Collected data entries
//! What an entry of a directory is, by its mode.
ghost use Rattle.std.specs.Prelude.{◌≡◌, IfOk};
ghost use Rattle.object_graph.specs.Objects.{entry_of};

use fs_objects::{Dirent, is_directory_mode};
use ids::Text;
use object_graph::Entry;
use std::alloc::{AllocError, Global};

/// What a directory tells of one of its entries.
pub fn entry_of(alloc: Global, entry: &Dirent) -> Result<Entry, AllocError>
    ensures value { IfOk result (λ told. told ≡ entry_of entry.now) }
{
    if is_directory_mode(entry.mode) {
        return Ok(Entry::Dir);
    }
    let modifier = Text::copy(alloc, entry.modifier.slice())?;
    Ok(Entry::File {
        id: entry.id,
        mode: entry.mode,
        mtime: entry.mtime,
        modifier,
        size: entry.size,
    })
}
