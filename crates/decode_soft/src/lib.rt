// The soft values of a block of parts, times the scale. Where all parts are zero or in the range of the f32's normal numbers, in loops without a branch, which the compiler makes vector code of.
#![tactic(auto)]

ghost use Rattle.std.specs.Prelude.{◌≡◌, true, ◌≤◌, ◌<◌, length, get_or};
ghost use Rattle.std.specs.Float.{nan, binary32};
ghost use Rattle.std.specs.Float.Ieee.{mul};
ghost use Rattle.trellis.specs.Lists.{upto, laid};
ghost use Rattle.ieee_cast.specs.Soft.{soft_of};
ghost use Rattle.isdbs_metrics.specs.Reading.{absolute};
ghost use Rattle.decode_soft.specs.Range.{InRange, AllInRange, shortened};

use ieee_cast::soft;

// 2^-126, the f32's smallest normal number.
const SMALLEST: f64 = 1.1754943508222875e-38;

// Half way from the greatest f32 to 2^128: what rounds to 2^128 starts here.
const OVER: f64 = 3.4028235677973366e38;

// Whether x is in the range.
fn in_range(x: f64) -> bool
    ensures { result ≡ true → InRange x }
{
    ((x >= SMALLEST) | (x <= -SMALLEST) | (x == 0.0)) & (x < OVER) & (x > -OVER)
}

// Whether the first n values are all in the range. All are looked at, so that the loop goes by vectors.
fn all_in_range(xs: &[f64], n: usize) -> bool
    requires { n ≤ length xs.now }
    ensures { result ≡ true → AllInRange xs.now n }
{
    let mut all = true;
    for i in 0..n {
        all = all & in_range(xs[i]);
    }
    all
}

// The pattern with the 29 digits rounded away that an f32 has no room for: a sum that carries above a half, and at a half where the last digit kept is odd.
fn rounded(bits: u64) -> u64
    requires { bits < 0xfff0_0000_0000_0000 }
    ensures { result ≡ shortened bits }
{
    ((bits + 0x0fff_ffff + (bits >> 29) % 2) >> 29) * 0x2000_0000
}

// soft of a value in the range: the rounded one is an f32 number.
fn near_signed(x: f64) -> f32
    requires { InRange x }
    ensures { result ≡ soft_of x }
{
    f64::from_bits(rounded(f64::to_bits(x))) as f32
}

// soft of its magnitude.
fn near_magnitude(x: f64) -> f32
    requires { InRange x }
    ensures { result ≡ soft_of (absolute x) }
{
    f64::from_bits(rounded(f64::to_bits(x) % 0x8000_0000_0000_0000)) as f32
}

// soft of each of the first n values, all in the range.
fn near_each(xs: &[f64], n: usize, out: &mut [f32])
    requires { (n ≤ length xs.now) × (n ≤ length out.old) × AllInRange xs.now n }
    ensures { out.new ≡ laid (upto (λ i. soft_of (get_or xs.now i nan)) n) out.old }
{
    for i in 0..n {
        out[i] = near_signed(xs[i]);
    }
}

// soft of the magnitude of each.
fn near_magnitudes(xs: &[f64], n: usize, out: &mut [f32])
    requires { (n ≤ length xs.now) × (n ≤ length out.old) × AllInRange xs.now n }
    ensures { out.new ≡ laid (upto (λ i. soft_of (absolute (get_or xs.now i nan))) n) out.old }
{
    for i in 0..n {
        out[i] = near_magnitude(xs[i]);
    }
}

// The magnitude of x.
fn unsigned(x: f64) -> f64
    ensures { result ≡ absolute x }
{
    if x != x {
        return x;
    }
    f64::from_bits(f64::to_bits(x) % 0x8000_0000_0000_0000)
}

// soft of each of the first n values, one by one.
fn soft_each(xs: &[f64], n: usize, out: &mut [f32])
    requires { (n ≤ length xs.now) × (n ≤ length out.old) }
    ensures { out.new ≡ laid (upto (λ i. soft_of (get_or xs.now i nan)) n) out.old }
{
    for i in 0..n {
        out[i] = soft(xs[i]);
    }
}

// soft of the magnitude of each.
fn magnitude_each(xs: &[f64], n: usize, out: &mut [f32])
    requires { (n ≤ length xs.now) × (n ≤ length out.old) }
    ensures { out.new ≡ laid (upto (λ i. soft_of (absolute (get_or xs.now i nan))) n) out.old }
{
    for i in 0..n {
        out[i] = soft(unsigned(xs[i]));
    }
}

// soft of each of the first n values.
fn soft_values(xs: &[f64], n: usize, out: &mut [f32])
    requires { (n ≤ length xs.now) × (n ≤ length out.old) }
    ensures { out.new ≡ laid (upto (λ i. soft_of (get_or xs.now i nan)) n) out.old }
{
    if all_in_range(xs, n) {
        near_each(xs, n, out);
    } else {
        soft_each(xs, n, out);
    }
}

// soft of the magnitude of each.
fn soft_magnitudes(xs: &[f64], n: usize, out: &mut [f32])
    requires { (n ≤ length xs.now) × (n ≤ length out.old) }
    ensures { out.new ≡ laid (upto (λ i. soft_of (absolute (get_or xs.now i nan))) n) out.old }
{
    if all_in_range(xs, n) {
        near_magnitudes(xs, n, out);
    } else {
        magnitude_each(xs, n, out);
    }
}

// Multiplies the first n values by the scale: a loop over f32 alone, so that whole vectors are multiplied.
fn scale_block(out: &mut [f32], n: usize, scale: f32)
    requires { n ≤ length out.old }
    ensures { out.new ≡ laid (upto (λ i. mul binary32 (get_or out.old i nan) scale) n) out.old }
{
    for i in 0..n {
        out[i] = out[i] * scale;
    }
}

// The soft values of the first n parts, times the scale.
pub fn soft_block(xs: &[f64], n: usize, scale: f32, out: &mut [f32])
    requires { (n ≤ length xs.now) × (n ≤ length out.old) }
    ensures { out.new ≡ laid (upto (λ i. mul binary32 (soft_of (get_or xs.now i nan)) scale) n) out.old }
{
    soft_values(xs, n, out);
    scale_block(out, n, scale);
}

// The same of their magnitudes.
pub fn magnitude_block(xs: &[f64], n: usize, scale: f32, out: &mut [f32])
    requires { (n ≤ length xs.now) × (n ≤ length out.old) }
    ensures { out.new ≡ laid (upto (λ i. mul binary32 (soft_of (absolute (get_or xs.now i nan))) scale) n) out.old }
{
    soft_magnitudes(xs, n, out);
    scale_block(out, n, scale);
}
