//! Which threads deal with interrupts, and within how many instructions.

use crate::asked::rates_in;
use crate::faults::NotTold;
use crate::level_runs::address_of;
use crate::telling::responses_at;
use responses::{LineParts, Response, Responses};
use source_texts::{SourceText, read, with_budgets};
use std::alloc::{AllocError, Global};

/// A thread that deals with each interrupt of a line, once the threads of its priority and above have rested.
#[derive(Clone, Copy, Debug, PartialEq, Eq)]
pub struct Answer {
    pub line: u32,
    /// The physical address of its TCB.
    pub thread: u32,
    /// Within how many instructions.
    pub steps: u64,
}

/// The thread that an interrupt of a line sets going first, if it is of this priority.
fn answer_of(
    text: &SourceText<'_>,
    offsets: &[u32],
    priority: u32,
    parts: &LineParts,
    steps: u64,
) -> Option<Answer> {
    let first = parts.stretches.first()?;
    let thread = text.threads.get(first.thread as usize)?;
    if thread.priority != priority {
        return None;
    }
    Some(Answer {
        line: parts.line,
        thread: address_of(offsets, thread.tcb)?,
        steps,
    })
}

/// The threads that deal with interrupts, each by the number of its own level.
fn answers_of(
    alloc: Global,
    text: &SourceText<'_>,
    responses: &Responses,
) -> Result<Vec<Answer>, AllocError> {
    let mut answers = Vec::new(alloc);
    let offsets = responses.offsets.as_slice();
    for row in &responses.rows {
        if let Response::Bound(bound) = &row.response {
            for parts in &row.parts.lines {
                if let Some(answer) = answer_of(text, offsets, row.priority, parts, bound.later) {
                    answers.push(answer)?;
                }
            }
        }
    }
    Ok(answers)
}

/// Which threads of an image, whose text this is, deal with interrupts at the rates that the text says, and within how many instructions. None where it
/// says no rates.
///
/// # Errors
///
/// The text is of another form; the image is refused; or memory is refused.
pub fn answers_in(alloc: Global, image: &[u8], content: &str) -> Result<Vec<Answer>, NotTold> {
    let rates = rates_in(alloc, content)?;
    if rates.is_empty() {
        return Ok(Vec::new(alloc));
    }
    let whole = with_budgets(alloc, content)?;
    let text = read(alloc, whole.text.as_str())?;
    let responses = responses_at(alloc, image, rates.as_slice())?;
    Ok(answers_of(alloc, &text, &responses)?)
}
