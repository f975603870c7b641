//! A trace as a chart.

use crate::answers::{AnswerBar, AnswerCount, LineAnswer, begin, carry, count, no_bars};
use crate::cells::{Cell, Cells, Shape, Window, cells_of};
use crate::faults::DrawingFault;
use crate::lane_names::{LaneName, left_of, said_of_rest};
use crate::layouts::{FOOT, HEAD, LANE, Layout, WIDTH, width_of};
use crate::signs::{ANSWER_LEGEND, LEGEND, STYLE, WORLD_LEGEND, WORLD_STYLE, push_said};
use crate::threads::Rest;
use crate::words::shown_word;
use named_traces::TextNames;
use sinks::{Sink, put_all};
use source_texts::TextFault;
use std::alloc::{AllocError, Global};
use trace_lines::Mark;

/// What is to be drawn of a trace.
#[derive(Clone, Copy, Debug)]
pub struct ChartRequest<'a> {
    /// The text of the image whose trace it is. Its certificates may be missing, budgets may be `auto`, and lines `program FILE ..`
    /// may be in the place of instructions.
    pub text: Option<&'a str>,
    /// The first event that is drawn, from 1.
    pub from: Option<u64>,
    /// The last event that is drawn.
    pub to: Option<u64>,
    /// The threads that deal with interrupts within so many instructions, as far as that is known.
    pub answers: &'a [LineAnswer],
}

/// The colours of the lanes.
const COLOURS: [&str; 6] = [
    "#3b78b5", "#c9752d", "#4e9a47", "#8a5aa8", "#b84f6d", "#5f7f86",
];

/// The colour of what the world does.
pub(crate) const WORLD: &str = "#8d3b70";

/// How high the curve of a word is at most, and how far its foot is below the top of its lane.
const CURVE: u32 = 14;

const CURVE_FOOT: u32 = 22;

/// How far apart the numbers of lines are at least.
const BETWEEN_NUMBERS: u32 = 90;

/// A thread's lane, and since where it rests.
#[derive(Clone, Copy, Debug)]
struct Lane {
    rest: Rest,
    since: u32,
}

/// The value of a word, if an event said it, and since where it is drawn.
#[derive(Clone, Copy, Debug)]
struct WordLane {
    value: Option<u32>,
    since: u32,
}
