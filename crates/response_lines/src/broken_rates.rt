//! Interrupts that come more often than a text says.

use crate::asked::{NEVER, asked_in};
use crate::faults::NotTold;
use crate::rates::line_of;
use responses::Rate;
use source_texts::{SourceText, read, with_budgets, word_at};
use std::alloc::{AllocError, Global};

/// What a line of events says, as far as it counts for rates.
#[derive(Clone, Copy)]
enum Said {
    Steps(u64),
    Interrupt(u32),
    Other,
}

/// What a line of events says.
fn said_on(text: &SourceText<'_>, line: &[u8]) -> Said {
    let line = match line {
        [line @ .., b'\r'] => line,
        line => line,
    };
    let Ok(line) = std::str::from_utf8(line) else {
        return Said::Other;
    };
    match (word_at(line, 0), word_at(line, 1)) {
        (Some("step"), None) => Said::Steps(1),
        (Some("step"), Some(count)) => Said::Steps(count.parse::<u64>().unwrap_or(0)),
        (Some("irq"), Some(word)) => match line_of(text, word) {
            Some(number) => Said::Interrupt(number),
            None => Said::Other,
        },
        _ => Said::Other,
    }
}

/// The interrupts of a line so far.
#[derive(Clone, Copy)]
struct Raised {
    rate: Rate,
    count: u64,
    /// How many steps there were before the last one.
    last: u64,
    /// The steps before which one more is within the rate but for its burst.
    due: u64,
    is_broken: bool,
}

impl Raised {
    /// None so far.
    fn new(rate: Rate) -> Self {
        Raised {
            rate,
            count: 0,
            last: 0,
            due: 0,
            is_broken: false,
        }
    }

    /// Counts one more after so many steps, and whether it is one too many: some stretch of events that it ends has more than the rate allows.
    fn note(&mut self, steps: u64) -> bool {
        let Rate { burst, period, .. } = self.rate;
        self.count = self.count.saturating_add(1);
        self.due = self.due.max(steps).saturating_add(period);
        if period == NEVER {
            self.count > burst
        } else {
            self.due > steps.saturating_add(burst.saturating_mul(period))
        }
    }
}

/// The notes so far on a list of events.
#[derive(Drop)]
struct Notes<'n> {
    file: &'n str,
    lines: Vec<Raised>,
    steps: u64,
    to: String,
}

/// Puts how often interrupts may come.
fn push_rate(to: &mut String, rate: &Rate) -> Result<(), AllocError> {
    let (burst, period) = (rate.burst, rate.period);
    if period == NEVER {
        return write!(to, "at most {burst} in all\n");
    }
    write!(
        to,
        "at most {burst} at once, and one more after each {period} steps\n"
    )
}

impl Notes<'_> {
    /// An interrupt on a line of the list.
    fn raise(&mut self, number: u64, line: u32) -> Result<(), AllocError> {
        let steps = self.steps;
        for raised in &mut self.lines {
            if raised.rate.line == line {
                let since = steps.saturating_sub(raised.last);
                let is_more = raised.note(steps);
                raised.last = steps;
                if is_more && !raised.is_broken {
                    raised.is_broken = true;
                    let file = self.file;
                    write!(
                        &mut self.to,
                        "{file}:{number}: note: line {line} comes again after {since} steps, and its rate is "
                    )?;
                    push_rate(&mut self.to, &raised.rate)?;
                }
            }
        }
        Ok(())
    }
}

/// The interrupts of a list of events that come more often than the text of the system says, of each line the first.
///
/// # Errors
///
/// The text is of another form, or memory is refused.
pub fn notes_on_rates(
    alloc: Global,
    content: &str,
    file: &str,
    list: &[u8],
) -> Result<String, NotTold> {
    let whole = with_budgets(alloc, content)?;
    let text = read(alloc, whole.text.as_str())?;
    let mut notes = Notes {
        file,
        lines: Vec::new(alloc),
        steps: 0,
        to: String::new(alloc),
    };
    for rate in asked_in(alloc, content)?.rates {
        notes.lines.push(Raised::new(rate))?;
    }
    let mut number = 0u64;
    for line in list.split(|byte| *byte == b'\n') {
        number = number.saturating_add(1);
        match said_on(&text, line) {
            Said::Steps(count) => notes.steps = notes.steps.saturating_add(count),
            Said::Interrupt(line) => notes.raise(number, line)?,
            Said::Other => {}
        }
    }
    Ok(notes.to)
}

THE TASK |
State how many lines of the entries include the word "true", giving that number by itself.

EXERCISE RESPONSE |
5